### Work order
Where the records below show a line containing "that is possible.", start copying; end with the line containing "if let StandardError::Shared(_)", and copy it too.

### Stored data
------------------------

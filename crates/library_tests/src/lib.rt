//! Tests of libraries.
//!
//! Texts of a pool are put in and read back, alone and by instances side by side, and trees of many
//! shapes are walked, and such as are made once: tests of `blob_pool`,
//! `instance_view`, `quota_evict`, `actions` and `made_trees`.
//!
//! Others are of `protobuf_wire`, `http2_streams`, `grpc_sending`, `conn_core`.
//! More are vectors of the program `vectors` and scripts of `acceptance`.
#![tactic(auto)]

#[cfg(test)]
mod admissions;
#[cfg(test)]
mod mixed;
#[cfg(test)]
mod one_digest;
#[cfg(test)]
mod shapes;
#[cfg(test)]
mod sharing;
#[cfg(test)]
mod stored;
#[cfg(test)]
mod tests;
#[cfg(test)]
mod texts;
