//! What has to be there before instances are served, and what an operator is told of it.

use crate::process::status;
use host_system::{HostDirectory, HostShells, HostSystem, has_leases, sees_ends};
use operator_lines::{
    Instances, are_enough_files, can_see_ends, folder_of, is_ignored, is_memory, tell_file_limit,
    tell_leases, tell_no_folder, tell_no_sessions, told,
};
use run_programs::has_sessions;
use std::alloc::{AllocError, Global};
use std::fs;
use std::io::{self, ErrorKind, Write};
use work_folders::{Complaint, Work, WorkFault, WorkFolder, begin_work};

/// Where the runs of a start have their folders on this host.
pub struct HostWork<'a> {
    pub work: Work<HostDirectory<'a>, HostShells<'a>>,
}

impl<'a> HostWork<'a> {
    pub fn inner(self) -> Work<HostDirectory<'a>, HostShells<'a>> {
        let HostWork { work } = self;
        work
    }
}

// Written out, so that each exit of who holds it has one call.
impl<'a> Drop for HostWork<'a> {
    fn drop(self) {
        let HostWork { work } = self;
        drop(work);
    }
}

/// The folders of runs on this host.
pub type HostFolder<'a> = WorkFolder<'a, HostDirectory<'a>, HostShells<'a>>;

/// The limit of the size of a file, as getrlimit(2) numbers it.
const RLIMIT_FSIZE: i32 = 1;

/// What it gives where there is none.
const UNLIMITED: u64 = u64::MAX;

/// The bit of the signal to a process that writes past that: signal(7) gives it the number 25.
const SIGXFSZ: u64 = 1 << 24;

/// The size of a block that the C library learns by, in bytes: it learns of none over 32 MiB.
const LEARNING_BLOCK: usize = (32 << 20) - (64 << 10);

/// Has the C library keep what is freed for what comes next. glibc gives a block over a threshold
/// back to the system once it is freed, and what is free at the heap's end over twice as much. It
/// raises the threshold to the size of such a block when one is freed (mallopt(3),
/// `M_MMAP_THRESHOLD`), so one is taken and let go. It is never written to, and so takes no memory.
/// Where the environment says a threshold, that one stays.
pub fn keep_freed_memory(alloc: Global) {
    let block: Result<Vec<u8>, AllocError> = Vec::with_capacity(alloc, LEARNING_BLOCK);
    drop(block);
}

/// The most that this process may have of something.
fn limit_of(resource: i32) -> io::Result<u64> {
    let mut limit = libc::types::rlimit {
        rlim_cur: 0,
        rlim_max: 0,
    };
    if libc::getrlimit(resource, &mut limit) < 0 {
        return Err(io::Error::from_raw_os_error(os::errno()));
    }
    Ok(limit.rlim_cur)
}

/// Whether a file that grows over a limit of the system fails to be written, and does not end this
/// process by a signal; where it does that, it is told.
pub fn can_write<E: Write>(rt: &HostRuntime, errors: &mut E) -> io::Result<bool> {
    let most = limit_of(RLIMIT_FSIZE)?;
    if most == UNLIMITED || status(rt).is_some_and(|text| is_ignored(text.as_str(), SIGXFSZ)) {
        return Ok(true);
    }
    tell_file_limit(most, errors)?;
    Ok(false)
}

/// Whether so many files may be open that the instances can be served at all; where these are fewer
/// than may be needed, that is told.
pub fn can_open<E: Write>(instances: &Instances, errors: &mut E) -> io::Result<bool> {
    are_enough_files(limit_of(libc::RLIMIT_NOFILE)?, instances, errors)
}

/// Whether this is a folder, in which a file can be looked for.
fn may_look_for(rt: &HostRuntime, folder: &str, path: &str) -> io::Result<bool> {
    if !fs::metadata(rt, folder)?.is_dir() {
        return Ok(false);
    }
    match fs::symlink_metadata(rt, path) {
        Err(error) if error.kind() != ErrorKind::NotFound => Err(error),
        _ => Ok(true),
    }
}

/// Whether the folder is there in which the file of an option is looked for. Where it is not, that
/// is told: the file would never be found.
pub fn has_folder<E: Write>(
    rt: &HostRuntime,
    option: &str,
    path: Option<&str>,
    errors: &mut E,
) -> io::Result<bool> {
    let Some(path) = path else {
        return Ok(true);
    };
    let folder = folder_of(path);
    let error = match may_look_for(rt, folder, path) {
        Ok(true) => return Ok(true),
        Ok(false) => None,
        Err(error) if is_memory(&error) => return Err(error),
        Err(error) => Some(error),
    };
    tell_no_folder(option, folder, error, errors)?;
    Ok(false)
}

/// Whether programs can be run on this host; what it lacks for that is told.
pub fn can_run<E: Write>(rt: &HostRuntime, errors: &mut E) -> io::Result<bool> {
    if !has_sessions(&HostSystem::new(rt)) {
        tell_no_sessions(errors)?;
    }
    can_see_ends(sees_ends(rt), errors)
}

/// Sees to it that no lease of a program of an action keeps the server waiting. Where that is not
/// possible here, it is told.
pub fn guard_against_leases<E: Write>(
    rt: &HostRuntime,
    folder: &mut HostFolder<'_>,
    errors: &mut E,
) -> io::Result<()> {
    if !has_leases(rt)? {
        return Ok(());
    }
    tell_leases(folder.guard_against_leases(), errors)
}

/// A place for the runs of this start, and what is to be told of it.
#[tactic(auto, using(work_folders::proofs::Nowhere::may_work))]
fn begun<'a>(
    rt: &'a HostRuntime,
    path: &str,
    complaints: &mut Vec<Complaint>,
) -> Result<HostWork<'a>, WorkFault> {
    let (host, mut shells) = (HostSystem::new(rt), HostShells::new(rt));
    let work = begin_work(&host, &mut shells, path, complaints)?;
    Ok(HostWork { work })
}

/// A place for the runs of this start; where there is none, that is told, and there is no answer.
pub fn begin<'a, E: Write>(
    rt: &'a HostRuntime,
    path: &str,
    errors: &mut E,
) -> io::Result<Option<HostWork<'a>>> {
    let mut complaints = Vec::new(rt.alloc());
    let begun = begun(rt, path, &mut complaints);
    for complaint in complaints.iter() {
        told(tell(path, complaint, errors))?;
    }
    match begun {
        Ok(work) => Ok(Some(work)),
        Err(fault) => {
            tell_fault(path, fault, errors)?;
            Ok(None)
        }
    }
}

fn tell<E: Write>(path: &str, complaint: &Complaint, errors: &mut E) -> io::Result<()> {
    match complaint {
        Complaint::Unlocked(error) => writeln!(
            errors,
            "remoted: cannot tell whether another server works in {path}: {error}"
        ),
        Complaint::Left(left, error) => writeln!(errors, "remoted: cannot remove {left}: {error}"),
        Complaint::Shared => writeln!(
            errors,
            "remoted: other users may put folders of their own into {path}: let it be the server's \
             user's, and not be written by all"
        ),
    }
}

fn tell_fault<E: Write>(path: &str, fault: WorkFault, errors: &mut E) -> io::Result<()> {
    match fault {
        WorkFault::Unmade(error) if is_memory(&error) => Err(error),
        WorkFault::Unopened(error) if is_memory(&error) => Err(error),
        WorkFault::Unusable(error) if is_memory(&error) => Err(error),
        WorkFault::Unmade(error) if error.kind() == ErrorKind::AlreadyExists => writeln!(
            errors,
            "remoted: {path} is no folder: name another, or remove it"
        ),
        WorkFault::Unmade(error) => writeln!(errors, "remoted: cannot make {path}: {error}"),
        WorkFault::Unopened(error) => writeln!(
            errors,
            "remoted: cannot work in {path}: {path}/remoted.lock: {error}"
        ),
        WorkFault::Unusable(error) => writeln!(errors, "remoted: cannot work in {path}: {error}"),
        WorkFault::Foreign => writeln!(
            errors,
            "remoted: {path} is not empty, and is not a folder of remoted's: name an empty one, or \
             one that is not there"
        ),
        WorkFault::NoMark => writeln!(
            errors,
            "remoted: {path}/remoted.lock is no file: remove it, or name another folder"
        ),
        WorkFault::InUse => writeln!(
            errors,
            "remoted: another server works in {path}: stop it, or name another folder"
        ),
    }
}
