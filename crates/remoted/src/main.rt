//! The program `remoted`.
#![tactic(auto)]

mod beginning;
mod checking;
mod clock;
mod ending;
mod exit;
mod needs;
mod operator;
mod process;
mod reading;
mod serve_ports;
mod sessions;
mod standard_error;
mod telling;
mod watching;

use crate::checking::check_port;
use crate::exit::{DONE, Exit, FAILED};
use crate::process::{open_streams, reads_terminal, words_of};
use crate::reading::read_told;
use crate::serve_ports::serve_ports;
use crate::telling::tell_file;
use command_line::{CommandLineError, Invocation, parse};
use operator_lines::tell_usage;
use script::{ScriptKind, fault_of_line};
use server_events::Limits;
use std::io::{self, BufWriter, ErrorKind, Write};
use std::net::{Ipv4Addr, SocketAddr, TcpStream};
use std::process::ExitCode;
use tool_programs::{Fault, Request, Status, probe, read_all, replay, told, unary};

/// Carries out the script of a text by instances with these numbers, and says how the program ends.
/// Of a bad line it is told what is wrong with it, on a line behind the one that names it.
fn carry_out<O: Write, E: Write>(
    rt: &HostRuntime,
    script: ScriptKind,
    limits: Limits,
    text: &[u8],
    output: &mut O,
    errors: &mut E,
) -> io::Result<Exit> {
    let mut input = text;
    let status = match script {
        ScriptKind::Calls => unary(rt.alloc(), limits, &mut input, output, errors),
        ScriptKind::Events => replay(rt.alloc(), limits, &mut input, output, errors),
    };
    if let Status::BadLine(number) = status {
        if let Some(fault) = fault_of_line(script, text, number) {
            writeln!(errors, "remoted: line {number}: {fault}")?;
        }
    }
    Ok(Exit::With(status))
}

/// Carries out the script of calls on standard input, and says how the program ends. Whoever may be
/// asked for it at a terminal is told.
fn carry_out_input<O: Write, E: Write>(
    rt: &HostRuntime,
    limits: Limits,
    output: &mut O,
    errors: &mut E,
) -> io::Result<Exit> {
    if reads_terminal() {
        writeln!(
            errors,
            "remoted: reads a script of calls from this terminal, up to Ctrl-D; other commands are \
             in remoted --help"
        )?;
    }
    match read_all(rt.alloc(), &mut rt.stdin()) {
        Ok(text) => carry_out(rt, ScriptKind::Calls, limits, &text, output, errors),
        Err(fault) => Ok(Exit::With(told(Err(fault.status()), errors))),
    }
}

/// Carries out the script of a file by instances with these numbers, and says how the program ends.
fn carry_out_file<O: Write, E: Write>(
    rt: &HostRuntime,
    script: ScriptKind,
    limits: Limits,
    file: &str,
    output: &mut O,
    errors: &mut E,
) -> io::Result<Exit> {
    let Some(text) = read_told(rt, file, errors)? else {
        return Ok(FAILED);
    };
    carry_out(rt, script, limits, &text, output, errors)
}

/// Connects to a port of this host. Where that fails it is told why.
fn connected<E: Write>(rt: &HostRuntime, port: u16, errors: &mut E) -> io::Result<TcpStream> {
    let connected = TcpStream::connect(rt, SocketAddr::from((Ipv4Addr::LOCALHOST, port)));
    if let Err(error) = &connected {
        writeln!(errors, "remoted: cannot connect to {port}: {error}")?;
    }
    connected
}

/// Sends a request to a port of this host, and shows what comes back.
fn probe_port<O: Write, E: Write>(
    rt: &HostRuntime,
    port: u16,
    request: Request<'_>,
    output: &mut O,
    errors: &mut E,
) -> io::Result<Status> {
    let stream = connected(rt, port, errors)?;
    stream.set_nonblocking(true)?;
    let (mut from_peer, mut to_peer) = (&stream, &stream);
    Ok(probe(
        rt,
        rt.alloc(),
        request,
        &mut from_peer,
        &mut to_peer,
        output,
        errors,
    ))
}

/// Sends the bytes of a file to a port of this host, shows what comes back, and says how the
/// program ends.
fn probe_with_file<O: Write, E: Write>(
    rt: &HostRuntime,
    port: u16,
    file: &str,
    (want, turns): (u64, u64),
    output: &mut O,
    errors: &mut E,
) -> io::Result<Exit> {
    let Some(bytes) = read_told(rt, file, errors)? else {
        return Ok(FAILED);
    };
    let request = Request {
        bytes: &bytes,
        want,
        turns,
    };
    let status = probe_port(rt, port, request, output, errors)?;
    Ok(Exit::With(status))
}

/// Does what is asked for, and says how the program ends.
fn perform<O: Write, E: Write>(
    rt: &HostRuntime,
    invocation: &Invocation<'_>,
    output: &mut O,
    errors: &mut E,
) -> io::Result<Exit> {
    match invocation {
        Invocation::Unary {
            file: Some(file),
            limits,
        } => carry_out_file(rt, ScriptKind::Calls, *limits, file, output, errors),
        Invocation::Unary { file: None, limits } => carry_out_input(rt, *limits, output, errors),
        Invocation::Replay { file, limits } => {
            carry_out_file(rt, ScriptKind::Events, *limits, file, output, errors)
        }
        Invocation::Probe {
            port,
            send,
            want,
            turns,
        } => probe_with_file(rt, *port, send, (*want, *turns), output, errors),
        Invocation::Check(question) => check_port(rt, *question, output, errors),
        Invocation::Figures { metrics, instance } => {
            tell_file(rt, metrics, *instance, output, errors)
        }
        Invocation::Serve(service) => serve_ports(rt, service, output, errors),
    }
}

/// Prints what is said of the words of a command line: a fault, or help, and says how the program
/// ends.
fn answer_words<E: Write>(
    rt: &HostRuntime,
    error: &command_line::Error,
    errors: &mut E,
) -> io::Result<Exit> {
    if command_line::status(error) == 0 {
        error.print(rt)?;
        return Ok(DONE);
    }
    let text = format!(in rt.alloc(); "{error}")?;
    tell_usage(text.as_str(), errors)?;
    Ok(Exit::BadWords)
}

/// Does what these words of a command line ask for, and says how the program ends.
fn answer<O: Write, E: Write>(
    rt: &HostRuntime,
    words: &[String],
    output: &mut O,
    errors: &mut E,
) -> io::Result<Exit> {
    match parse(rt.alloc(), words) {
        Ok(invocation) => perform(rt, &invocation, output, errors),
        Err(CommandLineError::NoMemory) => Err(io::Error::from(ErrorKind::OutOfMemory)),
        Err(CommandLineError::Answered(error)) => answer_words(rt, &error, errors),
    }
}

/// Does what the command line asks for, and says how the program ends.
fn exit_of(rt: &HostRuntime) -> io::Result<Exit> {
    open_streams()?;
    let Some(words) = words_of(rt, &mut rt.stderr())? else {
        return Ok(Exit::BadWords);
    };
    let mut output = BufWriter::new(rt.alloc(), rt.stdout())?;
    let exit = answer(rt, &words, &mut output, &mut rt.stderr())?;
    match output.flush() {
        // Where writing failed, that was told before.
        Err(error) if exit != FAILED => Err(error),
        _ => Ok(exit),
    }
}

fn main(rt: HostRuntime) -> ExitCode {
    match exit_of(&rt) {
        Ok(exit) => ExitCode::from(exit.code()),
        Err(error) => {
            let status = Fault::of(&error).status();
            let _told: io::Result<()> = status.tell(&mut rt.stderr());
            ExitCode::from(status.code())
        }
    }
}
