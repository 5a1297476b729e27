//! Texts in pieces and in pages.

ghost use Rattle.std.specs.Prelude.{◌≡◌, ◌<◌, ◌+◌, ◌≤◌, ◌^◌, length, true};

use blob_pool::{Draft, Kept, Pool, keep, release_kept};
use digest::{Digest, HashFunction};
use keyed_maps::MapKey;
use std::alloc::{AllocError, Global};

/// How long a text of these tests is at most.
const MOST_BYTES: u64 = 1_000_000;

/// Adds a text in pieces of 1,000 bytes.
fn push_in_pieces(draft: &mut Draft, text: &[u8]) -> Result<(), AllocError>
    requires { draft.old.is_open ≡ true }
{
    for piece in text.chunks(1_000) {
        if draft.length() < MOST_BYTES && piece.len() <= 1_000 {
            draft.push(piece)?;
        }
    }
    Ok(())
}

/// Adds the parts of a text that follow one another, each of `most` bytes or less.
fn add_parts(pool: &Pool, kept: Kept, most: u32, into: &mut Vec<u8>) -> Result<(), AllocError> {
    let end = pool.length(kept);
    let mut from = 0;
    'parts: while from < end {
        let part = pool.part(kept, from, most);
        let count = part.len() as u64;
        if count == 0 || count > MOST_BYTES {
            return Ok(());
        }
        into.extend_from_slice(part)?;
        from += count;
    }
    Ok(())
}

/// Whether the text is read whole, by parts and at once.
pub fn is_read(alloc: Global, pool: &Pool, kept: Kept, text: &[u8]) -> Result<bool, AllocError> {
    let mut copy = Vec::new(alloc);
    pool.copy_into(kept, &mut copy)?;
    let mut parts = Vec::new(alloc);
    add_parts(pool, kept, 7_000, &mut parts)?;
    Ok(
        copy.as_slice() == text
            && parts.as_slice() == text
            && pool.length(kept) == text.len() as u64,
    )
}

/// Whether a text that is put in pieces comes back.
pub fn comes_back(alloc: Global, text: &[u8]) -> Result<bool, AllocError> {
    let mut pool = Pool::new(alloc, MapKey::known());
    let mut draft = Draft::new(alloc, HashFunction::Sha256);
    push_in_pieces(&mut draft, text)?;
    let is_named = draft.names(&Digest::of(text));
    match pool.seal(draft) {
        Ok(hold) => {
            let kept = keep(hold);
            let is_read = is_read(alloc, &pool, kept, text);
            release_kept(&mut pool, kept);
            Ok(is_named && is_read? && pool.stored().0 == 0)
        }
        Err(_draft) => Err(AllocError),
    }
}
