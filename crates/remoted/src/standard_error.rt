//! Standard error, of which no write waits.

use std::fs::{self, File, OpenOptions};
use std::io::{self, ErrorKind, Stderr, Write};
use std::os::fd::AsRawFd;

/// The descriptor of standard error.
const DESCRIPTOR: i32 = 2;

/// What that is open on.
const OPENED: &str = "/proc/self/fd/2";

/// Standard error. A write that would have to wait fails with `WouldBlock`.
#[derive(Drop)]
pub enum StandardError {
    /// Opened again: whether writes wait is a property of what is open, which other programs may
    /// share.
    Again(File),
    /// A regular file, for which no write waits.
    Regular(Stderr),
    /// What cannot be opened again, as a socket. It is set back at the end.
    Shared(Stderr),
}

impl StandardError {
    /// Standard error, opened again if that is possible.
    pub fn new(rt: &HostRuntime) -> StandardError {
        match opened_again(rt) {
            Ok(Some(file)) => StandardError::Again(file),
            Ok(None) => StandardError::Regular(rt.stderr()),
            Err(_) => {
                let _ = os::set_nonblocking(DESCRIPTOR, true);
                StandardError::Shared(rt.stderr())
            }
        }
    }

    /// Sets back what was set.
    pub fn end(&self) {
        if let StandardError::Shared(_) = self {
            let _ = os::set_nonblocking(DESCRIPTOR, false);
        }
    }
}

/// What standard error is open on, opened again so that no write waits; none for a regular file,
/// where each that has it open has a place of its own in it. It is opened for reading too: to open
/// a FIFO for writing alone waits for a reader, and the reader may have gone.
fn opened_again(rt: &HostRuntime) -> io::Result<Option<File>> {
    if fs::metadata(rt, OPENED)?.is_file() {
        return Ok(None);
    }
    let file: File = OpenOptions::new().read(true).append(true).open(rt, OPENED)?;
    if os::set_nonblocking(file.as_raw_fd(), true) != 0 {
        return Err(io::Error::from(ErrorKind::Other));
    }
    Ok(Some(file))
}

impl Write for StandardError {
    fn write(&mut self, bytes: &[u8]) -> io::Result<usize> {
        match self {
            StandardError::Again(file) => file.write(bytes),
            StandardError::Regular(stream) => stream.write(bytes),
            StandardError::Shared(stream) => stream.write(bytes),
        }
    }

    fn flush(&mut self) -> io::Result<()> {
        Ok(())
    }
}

------------------------

### Written response
    /// Standard error, opened again if that is possible.
    pub fn new(rt: &HostRuntime) -> StandardError {
        match opened_again(rt) {
            Ok(Some(file)) => StandardError::Again(file),
            Ok(None) => StandardError::Regular(rt.stderr()),
            Err(_) => {
                let _ = os::set_nonblocking(DESCRIPTOR, true);
                StandardError::Shared(rt.stderr())
            }
        }
    }

    /// Sets back what was set.
    pub fn end(&self) {
        if let StandardError::Shared(_) = self {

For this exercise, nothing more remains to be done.